Correia lembra que nem sempre foi assim. Na década de 1990, os cursos de Engenharia figuravam entre os mais disputados, tanto em universidades públicas quanto privadas. Atualmente, no ranking dos mais concorridos, estão abaixo de Psicologia, Design ou Cinema, só para citar alguns exemplos. “Como um país vai entrar na nova onda de industrialização mundial, com digitalização da indústria, inteligência artificial, robótica, nanotecnologia, se não tiver engenheiros na quantidade necessária?”, questiona o reitor do ITA.
Para se ter ideia da gravidade do quadro, há menos candidatos do que vagas nas IES brasileiras. Segundo o diretor da Faculdade de Engenharia da Universidade Federal de Juiz de Fora, Hélio Antônio da Silva Hélio, são ofertadas 302 mil vagas, mas somente 120 mil estão ocupadas.
Questões culturais
A pouca atratividade dos cursos de Engenharia é um fenômeno de alcance mundial. Mas, no Brasil, a situação parece ser mais grave: o problema não se restringe propriamente às Engenharias, estendendo-se a boa parte das áreas tecnológicas. É fato que cada vez menos estudantes demonstram interesse também Agronomia e Geociências.
Além disso, essa é uma profissão dependente da política econômica. A lógica é simples: se o país cresce, precisa de mais profissionais da área. Isso significa que existe uma forte relação entre os cursos de Engenharia e o ritmo de crescimento da economia.
Sendo assim, a queda nas matrículas tem a ver com a falta de fôlego da expansão econômica brasileira nos últimos anos, o que inclui um decréscimo da atividade industrial. Com isso, o mercado de trabalho não evolui. A remuneração dos profissionais deixa de ser atraente e muitas ofertas de emprego não oferecem a realização profissional almejada pelos jovens.
Há também uma questão cultural. Em declaração à Revista do Conselho Regional de Engenharia e Agronomia do Paraná (CREA-PR), o presidente do Instituto Lobo de Pesquisa e Gestão Educacional, Roberto Lobo, lembrou que o Brasil tem uma larga tradição de formar mais advogados do que engenheiros: “Ou seja, as empresas gastam mais dinheiro se defendendo dos tributos e processos do que em inovação”.

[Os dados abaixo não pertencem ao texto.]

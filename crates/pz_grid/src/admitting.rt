//! The lines in which a row of a rule may start, as far as marks and headings show. The search skips the others.

ghost use Rattle.std.specs.Prelude.{◌≡◌, ◌<◌, IfSome, MatchOption, true, false, []};
ghost use Rattle.std.specs.List.{list_all};
ghost use Rattle.pz_game.specs.Pattern.{IsRowOf};
ghost use Rattle.pz_grid.specs.Admitted.{marks_of, marks_item, marks_cell, admits, admits_line, searches_level, searches_line, StartsNowhere};
ghost use Rattle.pz_grid.specs.Marks.{IsMarked};
ghost use Rattle.pz_grid.specs.Places.{line_count, places};
ghost use Rattle.pz_sheet.specs.Line.{IsWalk};
ghost use Rattle.pz_game.specs.declared.direction.Dir.{Dir};

use crate::Level;
use pz_bare::AnySheet;
use pz_game::direction::Dir;
use pz_game::masks::names;
use pz_game::pattern::{Item, Pattern, Row};
use pz_sets::set::NumberSet;
use pz_sets::words::has_subset;
use pz_sheet::Sheet;
use pz_sheet::line::{Axis, Walk, axis_of, walk_in};

/// Whether a set has an item's object, if the item names it as present.
fn marks_item(marks: &NumberSet, item: Item) -> bool
    ensures { result ≡ marks_item marks.now item }
{
    !names(item.word) || marks.contains(item.object)
}

/// Whether a set has every object that a cell of a rule names as present.
fn marks_cell(marks: &NumberSet, cell: &Pattern) -> bool
    ensures { result ≡ marks_cell marks.now cell.now }
{
    for item in cell.items() {
        if !marks_item(marks, *item) {
            return false;
        }
    }
    true
}

/// Whether a set has every object that a row's first cell names as present.
fn admits(marks: &NumberSet, row: &Row) -> bool
    ensures { result ≡ admits marks.now row.now.cells }
{
    marks_cell(marks, &row.cells()[0])
}

impl Level {
    /// The marks of a line: of a column for up and down, else of a row.
    fn marks_of(&self, dir: Dir, line: u32) -> &NumberSet
        requires { line < line_count self.now.grid dir }
        ensures { result.now ≡ marks_of self.now dir line }
    {
        match axis_of(dir) {
            Axis::Horizontal => &self.row_marks[line as usize],
            Axis::Vertical => &self.column_marks[line as usize],
        }
    }

    /// Whether a set has every object that any cell of the row names as present. (The level brings the proof the law of levels.)
    fn marks_all(&self, marks: &NumberSet, row: &Row) -> bool
        requires of_game { IsRowOf self.now.grid.layers row.now }
        ensures all { result ≡ list_all (marks_cell marks.now) row.now.cells }
        ensures marked { IsMarked self.now }
    {
        // (brings the proof the law of levels)
        let _ = self.width();
        has_subset(marks.words(), row.named().words())
    }

    /// Whether the level's marks have every object that the row's cells name as present. If not, the row has no place, in any direction.
    pub fn is_searched_for(&self, row: &Row) -> bool
        requires of_game { IsRowOf self.now.grid.layers row.now }
        ensures searched { result ≡ searches_level self.now row.now }
        ensures none { result ≡ false → (dir : Dir) → places self.now.grid row.now dir ≡ [] }
    {
        self.marks_all(&self.level_marks, row)
    }

    /// Whether the headings noted in the level allow a place of the row. If false, the row has no place, in any direction.
    pub fn may_hold(&self, row: &Row) -> bool
        requires of_game { IsRowOf self.now.grid.layers row.now }
        ensures none { result ≡ false → (dir : Dir) → places self.now.grid row.now dir ≡ [] }
    {
        self.bare().may_hold(row)
    }

    /// Whether a line is admitted for a row: its marks have every object that the row's first cell names as present.
    pub(crate) fn admits_line(&self, row: &Row, dir: Dir, line: u32) -> bool
        requires of_game { IsRowOf self.now.grid.layers row.now }
        requires line_in { line < line_count self.now.grid dir }
        ensures { result ≡ admits_line self.now row.now dir line }
    {
        admits(self.marks_of(dir, line), row)
    }

    /// Whether the line's marks have every object that any cell of the row names as present. If not, no place of the row starts there.
    pub(crate) fn searches_line(&self, row: &Row, dir: Dir, line: u32) -> bool
        requires of_game { IsRowOf self.now.grid.layers row.now }
        requires line_in { line < line_count self.now.grid dir }
        ensures searched { result ≡ searches_line self.now row.now dir line }
        ensures marked { IsMarked self.now }
    {
        self.marks_all(self.marks_of(dir, line), row)
    }

    /// The walk along a line, if the line's marks and headings allow a place of the row to start there. `None`: none does.
    pub(crate) fn walk_for(&self, row: &Row, dir: Dir, line: u32) -> Option<Walk>
        requires of_game { IsRowOf self.now.grid.layers row.now }
        requires line_in { line < line_count self.now.grid dir }
        ensures searched { IfSome result (λ _. searches_line self.now row.now dir line ≡ true) }
        ensures walk { MatchOption result (StartsNowhere self.now.grid row.now dir line) (IsWalk dir line) }
    {
        if !self.searches_line(row, dir, line) {
            return None;
        }
        match self.bare().sheet() {
            AnySheet::Small(sheet) => walk_by_headings(sheet, row, dir, line),
            AnySheet::Middle(sheet) => walk_by_headings(sheet, row, dir, line),
            AnySheet::Large(sheet) => walk_by_headings(sheet, row, dir, line),
        }
    }
}

/// The walk along a line, if the headings noted there allow a place of the row to start there. `None`: none does.
#[tactic(auto, using(crate::proofs::SomewhereLemmas::action_nowhere, crate::proofs::SomewhereLemmas::nowhere_along))]
fn walk_by_headings<const N: usize>(
    sheet: &Sheet<N>,
    row: &Row,
    dir: Dir,
    line: u32,
) -> Option<Walk>
    requires of_game { IsRowOf sheet.now.grid.layers row.now }
    requires line_in { line < line_count sheet.now.grid dir }
    ensures { MatchOption result (StartsNowhere sheet.now.grid row.now dir line) (IsWalk dir line) }
{
    // (brings the proof that a row has a cell)
    let _ = row.cells();
    match walk_in(dir, line) {
        Some(walk) if sheet.may_hold_in_line(walk.line, row) => Some(walk),
        _ => None,
    }
}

Outro detalhe a considerar é a baixa qualidade da educação básica no Brasil, o que se reflete no ensino superior. Há poucas experiências de educação digital, como atividades de computação, programação e robótica nos currículos tanto do ensino fundamental quanto do médio. Desse modo, os alunos não são estimulados a procurar cursos da área tecnológica na hora de decidir o seu futuro profissional.
Empresas têm dificuldades para achar profissionais qualificados
Além da baixa procura, a qualidade dos cursos é questionada, já que existe uma grande carência por bons profissionais na área. Pelo menos é o que mostrou o relatório O futuro das Engenharias no Brasil 2023, divulgado pela Mútua – Caixa de Assistência dos Profissionais do CREA. Conforme o levantamento, nada menos do que 70% das empresas consultadas afirmaram ter dificuldades para contratar engenheiros com a qualificação adequada.
De acordo com a pesquisa, mais de 50% dos profissionais são egressos de cursos com conceitos 1 e 2 (baixo desempenho) no Exame Nacional de Desempenho dos Estudantes (Enade). Milhares de profissionais não conseguem inserção no mercado ou atuam na informalidade. O trabalho da Mútua aponta ainda que, dos quase 1,3 milhão formados entre os anos 2000 e 2020, 477 mil não se registraram no Sistema Confea-CREA.
“A má formação não afeta somente os próprios profissionais, mas também o país, que não consegue se posicionar de forma competitiva em um ambiente global onde conhecimento e inovação definem quem terá relevância econômica e influência”, afirmou o engenheiro agrônomo Francisco Almeida, diretor presidente licenciado da Mútua.